# REQUIRED WORK
The required output consists solely of the lines from the top of the listing through the line containing "call. It takes no memory.", transcribed exactly.

....

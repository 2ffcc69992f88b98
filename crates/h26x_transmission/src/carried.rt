//! What a transmission has made: its packets, and which calls were made.

ghost use Rattle.std.specs.Prelude.{◌≡◌};
ghost use Rattle.h26x_packetizer.specs.Sending.{contents};

use std::marker::Model;

/// RTP payloads, in the order in which they are sent (RFC 6184, RFC 7798, RFC 9328).
#[derive(Debug, Drop)]
pub struct Packets {
    list: Vec<Vec<u8>>,
}

impl Model for Packets {
    ghost use Rattle.std.specs.Prelude.{ℕ, List};
    ghost use Rattle.h26x_packetizer.specs.Sending.{contents};

    ghost Value = { List (List ℕ) };

    ghost view = { λ a. contents a.list.items };
}

impl Packets {
    /// These packets. It takes no memory.
    pub fn from_vec(list: Vec<Vec<u8>>) -> Self
        ensures { result ≡ contents list.items }
    {
        Packets { list }
    }

    /// The bytes of each packet.
    pub fn as_slice(&self) -> &[Vec<u8>]
        ensures { contents result.now ≡ self.now }
    {
        &self.list
    }

    /// The packets as a vector. It takes no memory.
    pub fn into_vec(self) -> Vec<Vec<u8>>
        ensures { contents result.items ≡ self }
    {
        self.list
    }
}

/// Of each call of a transmission whether it was made.
#[derive(Debug, Drop)]
pub struct Marks {
    marks: Vec<bool>,
}

impl Model for Marks {
    ghost use Rattle.std.specs.Prelude.{Bool, List};

    ghost Value = { List Bool };

    ghost view = { λ a. a.marks.items };
}

impl Marks {
    /// These marks, one for each call. It takes no memory.
    pub fn from_vec(marks: Vec<bool>) -> Self
        ensures { result ≡ marks.items }
    {
        Marks { marks }
    }

    /// The mark of each call.
    pub fn as_slice(&self) -> &[bool]
        ensures { result.now ≡ self.now }
    {
        &self.marks
    }

    /// The marks as a vector. It takes no memory.
    pub fn into_vec(self) -> Vec<bool>
        ensures { result.items ≡ self }
    {
        self.marks
    }
}

/// What a transmission made.
#[derive(Debug, Drop)]
pub struct Carried {
    /// The packets of all calls, in order.
    pub packets: Packets,
    /// Of each call whether it was made; where memory lacked it was not.
    pub made: Marks,
}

....

# WRITTEN SOLUTION
repository 2ffcc69992f88b98
filename crates/h26x_transmission/src/carried.rt
//! What a transmission has made: its packets, and which calls were made.

ghost use Rattle.std.specs.Prelude.{◌≡◌};
ghost use Rattle.h26x_packetizer.specs.Sending.{contents};

use std::marker::Model;

/// RTP payloads, in the order in which they are sent (RFC 6184, RFC 7798, RFC 9328).
#[derive(Debug, Drop)]
pub struct Packets {
    list: Vec<Vec<u8>>,
}

impl Model for Packets {
    ghost use Rattle.std.specs.Prelude.{ℕ, List};
    ghost use Rattle.h26x_packetizer.specs.Sending.{contents};

    ghost Value = { List (List ℕ) };

    ghost view = { λ a. contents a.list.items };
}

impl Packets {
    /// These packets. It takes no memory.
    pub fn from_vec(list: Vec<Vec<u8>>) -> Self
        ensures { result ≡ contents list.items }
    {
        Packets { list }
    }

    /// The bytes of each packet.
    pub fn as_slice(&self) -> &[Vec<u8>]
        ensures { contents result.now ≡ self.now }
    {
        &self.list
    }

    /// The packets as a vector. It takes no memory.
    pub fn into_vec(self) -> Vec<Vec<u8>>
        ensures { contents result.items ≡ self }
    {
        self.list
    }
}

/// Of each call of a transmission whether it was made.
#[derive(Debug, Drop)]
pub struct Marks {
    marks: Vec<bool>,
}

impl Model for Marks {
    ghost use Rattle.std.specs.Prelude.{Bool, List};

    ghost Value = { List Bool };

    ghost view = { λ a. a.marks.items };
}

impl Marks {
    /// These marks, one for each call. It takes no memory.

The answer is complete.